SL-Bezirksgruppe erinnerte in Veitshöchheim zum „Tag des Selbstbestimmungsrechts“ an den 4. März 1919
Erinnerungsbild an die zentrale Gedenkfeier der SL-Bezirksgruppe zum "Tag des Selbstbestimmungsrechts" der Sudetendeutschen im Jahr 2017 in Veitshöchheim anlässlich der Totenehrung am Aufgang zum Ehrenmalplatz an der Vituskirche
Bei der 30 Mitglieder zählenden Ortsgruppe Veitshöchheim der Sudetendeutschen Landsmannschaft (SL) ging am Wochenende zum "Tag des Selbstbestimmungsrechts" die zentrale Gedenkfeier der SL-Bezirksgruppe Unterfranken über die Bühne.
Höhepunkt war nach einem Empfang im Rathaus, der Besichtigung der SL-Dauerausstellung im Rathaus und der Niederlegung einer Blumenschale am Ehrenmalplatz an der Vituskirche mit Totengedenken eine feierliche Veranstaltung in den Mainfrankensälen mit SL-Landesobmann Steffen Hörtler aus Bad Kissingen als Hauptredner.
Veitshöchheims Bürgermeister Jürgen Götz begrüßte eine Delegation der aus ganz Unterfranken angereisten SL-Gäste mit SL-Landesobmann Steffen Hörtler, SL-Bezirksobmann Alfred Kipplinger aus Sulzbach am Main und SL-Ortsobmann und SL-Ehrenbezirksobmann Karl Nausch an der Spitze im Sitzungsssaal des Rathauses.
v.l.n.r. beim Empfang im Rathaussaal Bürgermeister Jürgen Götz, SL-Bezirksobmann Alfred Kipplinger, SL-Landesobmann Steffen Hörtler und Altbürgermeister Rainer Kinzkofer
Sudetendeutsche in Veitshöchheim beheimatet
Der Bürgermeister führte dabei nach der Präsentation des Videos über Veitshöchheim und sein reichhaltiges kulturelles Leben den Gästen vor Augen, dass auch hier in der Perle am Main 1945 viele nach ihrer Vertreibung aus der böhmischen Heimat sesshaft wurden und bis heute eine starke Gemeinschaft bilden.
Zu verdanken sei dies in erster Linie dem 83jährigen Ortsobmann Karl Nausch, der seit der Gründung der Ortsgruppe 1962 im ehemaligen Gasthaus "Anker" (heute Hotel am Main) von echtem Pioniergeist getragen bis heute äußerst zeitaufwendig und aktiv in der SL in verschiedenen hervorgehobenen Positionen auf Orts-, Kreis-, Landes- und Bundesebene mitwirkte. Der Bundesverdienstkreuzträger war sogar vier Jahre lang bis 2008 Vizepräsident der 220.000 Mitglieder vertretenden Bundesversammlung.

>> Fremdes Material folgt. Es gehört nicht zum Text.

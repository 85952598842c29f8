// The rows of a sheet, as words. All have one form: a size with its lifetime, or a shape with its type code and lifetime.
use crate::text::Words;
use request_table::ROW_WORDS;
use shape_rule::SHAPE_WORDS;
use tensor_sizes::GREATEST_DIMENSIONS;

// Where the words of a shape stand, behind the type code: the number of dimensions, the dimensions, and the moments with the offset.
const NUMBER_COLUMN: usize = 1;

const DIMENSIONS_COLUMN: usize = 2;

const MOMENTS_COLUMN: usize = DIMENSIONS_COLUMN + GREATEST_DIMENSIONS;

// In a line the type code, the moments and the offset stand before the dimensions, so that the line need not tell their number.
const LEADING_WORDS: usize = 4;

// The words of the longest such line.
const GREATEST_LINE: usize = LEADING_WORDS + GREATEST_DIMENSIONS;

#[derive(Clone, Copy, PartialEq)]
pub enum Form {
    Sizes,
    Shapes,
}

#[derive(Clone, Copy)]
pub enum Row {
    Size([i32; ROW_WORDS]),
    Shape([i32; SHAPE_WORDS]),
}

// What stands where there is no row yet.
impl Default for Row {
    fn default() -> Row {
        Row::Size([0; ROW_WORDS])
    }
}

impl Row {
    pub(crate) fn form(&self) -> Form {
        match self {
            Row::Size(_) => Form::Sizes,
            Row::Shape(_) => Form::Shapes,
        }
    }

    pub(crate) fn words(&self) -> &[i32] {
        match self {
            Row::Size(words) => words,
            Row::Shape(words) => words,
        }
    }
}

// Reads the numbers that as many words spell as there are entries.
fn read_numbers(words: &mut Words<'_>, numbers: &mut [i32]) -> Option<()> {
    for number in numbers {
        *number = decimal_text::signed(words.next()?)?;
    }
    Some(())
}

// The row of a size that the words of a line spell: four numbers and no more.
pub(crate) fn size(mut words: Words<'_>) -> Option<Row> {
    let mut row = [0; ROW_WORDS];
    read_numbers(&mut words, &mut row)?;
    if words.next().is_some() {
        return None;
    }
    Some(Row::Size(row))
}

// The row of a shape that the words behind `shape` spell: four numbers, then up to eight dimensions and no more. A dimension past their number is written
// as 0. Of the words that are too many only the first is counted.
pub(crate) fn shape(mut words: Words<'_>) -> Option<Row> {
    let count = words
        .take(GREATEST_LINE + 1)
        .count()
        .checked_sub(LEADING_WORDS)?;
    let mut leading = [0; LEADING_WORDS];
    read_numbers(&mut words, &mut leading)?;
    let [code, first, last, offset] = leading;
    let mut dimensions = [0; GREATEST_DIMENSIONS];
    read_numbers(&mut words, dimensions.get_mut(..count)?)?;
    let mut row = [0; SHAPE_WORDS];
    row[0] = code;
    row[NUMBER_COLUMN] = i32::try_from(count).ok()?;
    row[DIMENSIONS_COLUMN..MOMENTS_COLUMN].copy_from_slice(&dimensions);
    row[MOMENTS_COLUMN..].copy_from_slice(&[first, last, offset]);
    Some(Row::Shape(row))
}
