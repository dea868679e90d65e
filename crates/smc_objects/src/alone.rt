//! Calls that open a section of their own, as scripts use them.
ghost use Rattle.std.specs.Prelude.{◌≡◌, ◌-◌, ◌^◌, ◌<◌, IfOk, IsTrue, length};
ghost use Rattle.smc_words.specs.Number.{FitsNumber};
ghost use Rattle.smc_words.specs.declared.layout.TheConstants.{BLANK};
ghost use Rattle.smc_shape.specs.Layout.{width_of};
ghost use Rattle.smc_core.specs.declared.phase.Phase.TheVariants.{Idle};
ghost use Rattle.smc_core.specs.Add.{has_no_blank};
ghost use Rattle.smc_region.specs.Callers.{IsPassOf, IsSame};
ghost use Rattle.smc_does.specs.Does.{Does, DoesSome, IsHeld, Stays};
ghost use Rattle.smc_objects.specs.Alone.{AddsRow, AdvancesThrice, CountsObjects, InSection, ReadsObject, RemovesObject, SetsField, TriesAdd, reads_all};

use crate::adding::{Full, add};
use crate::field::{read, write};
use crate::removal::remove;
use crate::scan::Scan;
use smc_region::{Held, Pass, Region, Section};
use smc_words::Number;

/// One try to add an object of these words.
fn try_one(pass: Pass, region: &Region, c: u8, words: &[u64]) -> (Pass, Result<Number, Full>)
    requires here { IsPassOf region.now pass }
    requires coll { c < length pass.shape.colls }
    requires width { length words.now ≡ width_of pass.shape c }
    requires values { IsTrue (has_no_blank words.now) }
    ensures done { DoesSome pass result.0 (InSection (TriesAdd c words.now result.1)) }
    ensures home { IsSame pass result.0 }
    ensures number { IfOk result.1 (λ number. FitsNumber number × (number.coll ≡ c)) }
{
    let mut section = pass.enter(region);
    let answer = add(&mut section, c, words);
    (section.leave(), answer)
}

/// Three advances, behind which what was left before them may be used again if no section stands in the way.
fn advance_thrice(pass: &mut Pass, region: &Region)
    requires here { IsPassOf region.now pass.old }
    ensures done { DoesSome pass.old pass.new AdvancesThrice }
    ensures home { IsSame pass.old pass.new }
{
    pass.advance(region);
    pass.advance(region);
    pass.advance(region);
}

/// Adds an object of these words. Where a first try is refused the pass advances three times and tries once more.
///
/// # Errors
/// The second try was refused too.
pub fn add_one(pass: Pass, region: &Region, c: u8, words: &[u64]) -> (Pass, Result<Number, Full>)
    requires here { IsPassOf region.now pass }
    requires coll { c < length pass.shape.colls }
    requires width { length words.now ≡ width_of pass.shape c }
    requires values { IsTrue (has_no_blank words.now) }
    ensures done { DoesSome pass result.0 (AddsRow c words.now result.1) }
    ensures home { IsSame pass result.0 }
    ensures number { IfOk result.1 (λ number. FitsNumber number × (number.coll ≡ c)) }
{
    let (mut pass, answer) = try_one(pass, region, c, words);
    match answer {
        Ok(number) => (pass, Ok(number)),
        Err(_) => {
            advance_thrice(&mut pass, region);
            try_one(pass, region, c, words)
        }
    }
}

/// Reads the fields of an object that the section holds, in order.
fn read_fields(s: &mut Section<'_>, held: Held, width: u32, words: &mut [u64])
    requires idle { s.old.local.stand.phase ≡ Idle }
    requires good { IsHeld s.old held }
    requires width { width ≡ width_of s.old.shape held.number.coll }
    requires long { length words.old ≡ width }
    ensures done { Does s.old s.new (reads_all held.number 0 words.new) }
    ensures stays { Stays s.old s.new }
{
    for field in 0..width {
        words[field as usize] = read(s, held, field);
    }
}

/// Looks the object up, and reads its fields where it is here. Answers whether it was.
fn read_found(s: &mut Section<'_>, number: Number, words: &mut [u64]) -> bool
    requires idle { s.old.local.stand.phase ≡ Idle }
    requires coll { number.coll < length s.old.shape.colls }
    requires long { length words.old ≡ width_of s.old.shape number.coll }
    ensures done { DoesSome s.old s.new (ReadsObject number result words.new) }
    ensures idle { s.new.local.stand.phase ≡ Idle }
{
    let Some(held) = s.deref(number) else {
        return false;
    };
    let width = s.region().shape().width(number.coll);
    read_fields(s, held, width, words);
    true
}

/// Reads the fields of the object into these words. Answers whether it was here; where it was not, the words say nothing.
pub fn read_one(pass: Pass, region: &Region, number: Number, words: &mut [u64]) -> (Pass, bool)
    requires here { IsPassOf region.now pass }
    requires coll { number.coll < length pass.shape.colls }
    requires long { length words.old ≡ width_of pass.shape number.coll }
    ensures done { DoesSome pass result.0 (InSection (ReadsObject number result.1 words.new)) }
    ensures home { IsSame pass result.0 }
{
    let mut section = pass.enter(region);
    let found = read_found(&mut section, number, words);
    (section.leave(), found)
}

/// Looks the object up, and writes a field where it is here. Answers whether it was.
fn write_found(s: &mut Section<'_>, number: Number, field: u32, value: u64) -> bool
    requires idle { s.old.local.stand.phase ≡ Idle }
    requires field { field < width_of s.old.shape number.coll }
    requires value { value < BLANK }
    ensures done { DoesSome s.old s.new (SetsField number field value result) }
    ensures idle { s.new.local.stand.phase ≡ Idle }
{
    let Some(held) = s.deref(number) else {
        return false;
    };
    write(s, held, field, value);
    true
}

/// Writes a field of the object. Answers whether it was here.
pub fn set_one(pass: Pass, region: &Region, number: Number, field: u32, value: u64) -> (Pass, bool)
    requires here { IsPassOf region.now pass }
    requires field { field < width_of pass.shape number.coll }
    requires value { value < BLANK }
    ensures done { DoesSome pass result.0 (InSection (SetsField number field value result.1)) }
    ensures home { IsSame pass result.0 }
{
    let mut section = pass.enter(region);
    let found = write_found(&mut section, number, field, value);
    (section.leave(), found)
}

/// Looks the object up, and removes it where it is here. Answers whether this call removed it.
fn remove_found(s: &mut Section<'_>, number: Number) -> bool
    requires idle { s.old.local.stand.phase ≡ Idle }
    ensures done { DoesSome s.old s.new (RemovesObject number result) }
    ensures idle { s.new.local.stand.phase ≡ Idle }
{
    let Some(held) = s.deref(number) else {
        return false;
    };
    remove(s, held)
}

/// Removes the object. Answers whether this call removed it, and no call before it.
pub fn remove_one(pass: Pass, region: &Region, number: Number) -> (Pass, bool)
    requires here { IsPassOf region.now pass }
    ensures done { DoesSome pass result.0 (InSection (RemovesObject number result.1)) }
    ensures home { IsSame pass result.0 }
{
    let mut section = pass.enter(region);
    let gone = remove_found(&mut section, number);
    (section.leave(), gone)
}

/// Counts the objects that a scan comes to.
fn count(s: &mut Section<'_>, c: u8) -> u64
    requires idle { s.old.local.stand.phase ≡ Idle }
    requires coll { c < length s.old.shape.colls }
    requires room { length s.old.local.stand.scans < 2 ^ 32 - 1 }
    ensures done { DoesSome s.old s.new (CountsObjects c result) }
    ensures idle { s.new.local.stand.phase ≡ Idle }
{
    let slots = s.region().shape().slots(c);
    let mut scan = Scan::begin(s, c);
    let mut count = 0u64;
    loop {
        let Some(_met) = scan.next(s) else {
            return count;
        };
        count += 1;
    }
}

/// Counts the objects of the collection `c`, by a scan.
pub fn count_objects(pass: Pass, region: &Region, c: u8) -> (Pass, u64)
    requires here { IsPassOf region.now pass }
    requires coll { c < length pass.shape.colls }
    ensures done { DoesSome pass result.0 (InSection (CountsObjects c result.1)) }
    ensures home { IsSame pass result.0 }
{
    let mut section = pass.enter(region);
    let objects = count(&mut section, c);
    (section.leave(), objects)
}
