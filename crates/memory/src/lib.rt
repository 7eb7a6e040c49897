// Reads and stores of the lent memory, and the marks that they leave in the two maps.
#![tactic(auto)]

ghost use Rattle.memory.specs.Access.{ask, put};
ghost use Rattle.memory.specs.Promises.{Reads, Puts};
ghost use Rattle.memory.specs.Words.{read_word, write_word};

use marks::Map;

// A byte for each address.
pub type Memory = [u8; 65536];

// What a step works on: the memory, and the maps of what steps have read and stored there. All three are lent.
#[derive(Drop)]
pub struct Bus<'a> {
    pub memory: &'a mut Memory,
    pub reads: &'a mut Map,
    pub writes: &'a mut Map,
}

// The same to who reads: the memory and the written map stay as they are.
#[derive(Drop)]
pub struct Reading<'a> {
    pub memory: &'a Memory,
    pub reads: &'a mut Map,
    pub writes: &'a Map,
}

// The same to who stores: the read map stays as it is.
#[derive(Drop)]
pub struct Storing<'a> {
    pub memory: &'a mut Memory,
    pub reads: &'a Map,
    pub writes: &'a mut Map,
}

impl<'a> Reading<'a> {
    // The byte at an address, which is marked as read unless it has been stored to before.
    pub fn read(&mut self, at: u16) -> u8
        ensures { Reads (ask at) self.old self.new result }
    {
        marks::mark_unless(self.reads, self.writes, at);
        self.memory[at as usize]
    }

    // The word at an address, low byte first.
    pub fn read_u16(&mut self, at: u16) -> u16
        ensures { Reads (read_word at) self.old self.new result }
    {
        let low = self.read(at);
        let high = self.read(at.wrapping_add(1));
        u16::from_le_bytes([low, high])
    }
}

impl<'a> Storing<'a> {
    // Stores a byte at an address.
    pub fn store(&mut self, at: u16, byte: u8)
        ensures { Puts (put at byte) self.old self.new tt }
    {
        marks::mark(self.writes, at);
        self.memory[at as usize] = byte;
    }

    // Stores a word at an address, low byte first.
    pub fn write_u16(&mut self, at: u16, word: u16)
        ensures { Puts (write_word at word) self.old self.new tt }
    {
        let [low, high] = word.to_le_bytes();
        self.store(at, low);
        self.store(at.wrapping_add(1), high);
    }
}
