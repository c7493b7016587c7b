// The numbers of a scene's body: 19 numbers, 7 words and its age. Which is which is for `bodies` to say.
ghost use Rattle.std.specs.Prelude.{◌≡◌};
ghost use Rattle.files.specs.Contents.{numbers_in, body_float, late_words, body_age};

use files::{body_word, places};
use lent_words::join;

// Number k of the body's f64.
fn body_float(file: &[u8], k: u8) -> f64
    ensures { result ≡ body_float file.now k }
{
    let i = k as u32 * places::WIDE;
    let low = body_word(file, i);
    let high = body_word(file, i + 1);
    floats::float_of_bits(join(low, high))
}

pub fn numbers_in(file: &[u8]) -> [f64; 19]
    ensures { result ≡ numbers_in file.now }
{
    let mut numbers = [0.0; 19];
    for k in 0..19u8 {
        numbers[k as usize] = body_float(file, k);
    }
    numbers
}

// The words behind the numbers and the age; the last of them is the cap, behind the two counts.
pub fn words_in(file: &[u8]) -> [u32; 7]
    ensures { result ≡ late_words file.now }
{
    let mut words = [0; 7];
    for k in 0..7u8 {
        let i = k as u32;
        words[k as usize] = body_word(file, places::WORDS + i + i / places::CAP * places::COUNTS);
    }
    words
}

pub fn body_age(file: &[u8]) -> u64
    ensures { result ≡ body_age file.now }
{
    let low = body_word(file, places::AGE);
    let high = body_word(file, places::AGE + 1);
    join(low, high)
}
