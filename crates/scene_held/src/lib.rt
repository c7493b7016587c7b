// What a scene holds, put where the program works on it: numbers.rt has the numbers of its body, parts.rt its tables and cells.
#![tactic(auto)]

mod numbers;
mod parts;

pub use numbers::{body_age, numbers_in, words_in};
pub use parts::{held, put_all, put_apart, take_singles, take_words};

So konnte im Oktober 2012 die SL-Ortsgruppe Veitshöchheim in den Mainfrankensälen groß ihr 50jähriges Bestehen nach dem Motto "Wir suchen Verständigung ohne das Unrecht zu vergessen" feiern.
Als Mann des Ausgleichs war es für ihn auch keine Frage, für die von der Gemeinde angestrebte Partnerstadt mit einer osteuropäischen Stadt, seinen Geburtsort Rothau (Rotava) im Egerland vorzuschlagen und 2006 die Vertragsunterzeichnung mit zu organisieren. Dies obwohl er dort nach dem Krieg als Elfjähriger von den Tschechen vertrieben wurde und sein Vater, der eine eigene Tischlerei besaß, alles verlor.
Im September 2015 erhielten Karl Nausch und Altbürgermeister Rainer Kinzkofer, der Nausch von Anfang an bei seinen Bemühungen um das Zustandekommen der Partnerschaft unterstützte, anlässlich der 50-Jahrfeier zur Stadterhebung von Rotava in der tschechischen Partnerstadt den Orden "Herz für Rotava" und eine Urkunde überreicht.
Nausch initiierte erfolgreich auch die Gründung von Gliederungen in Sachsen, wie beispielsweise in Klingenthal, für die die Veitshöchheimer SL die Patenschaft übernahm.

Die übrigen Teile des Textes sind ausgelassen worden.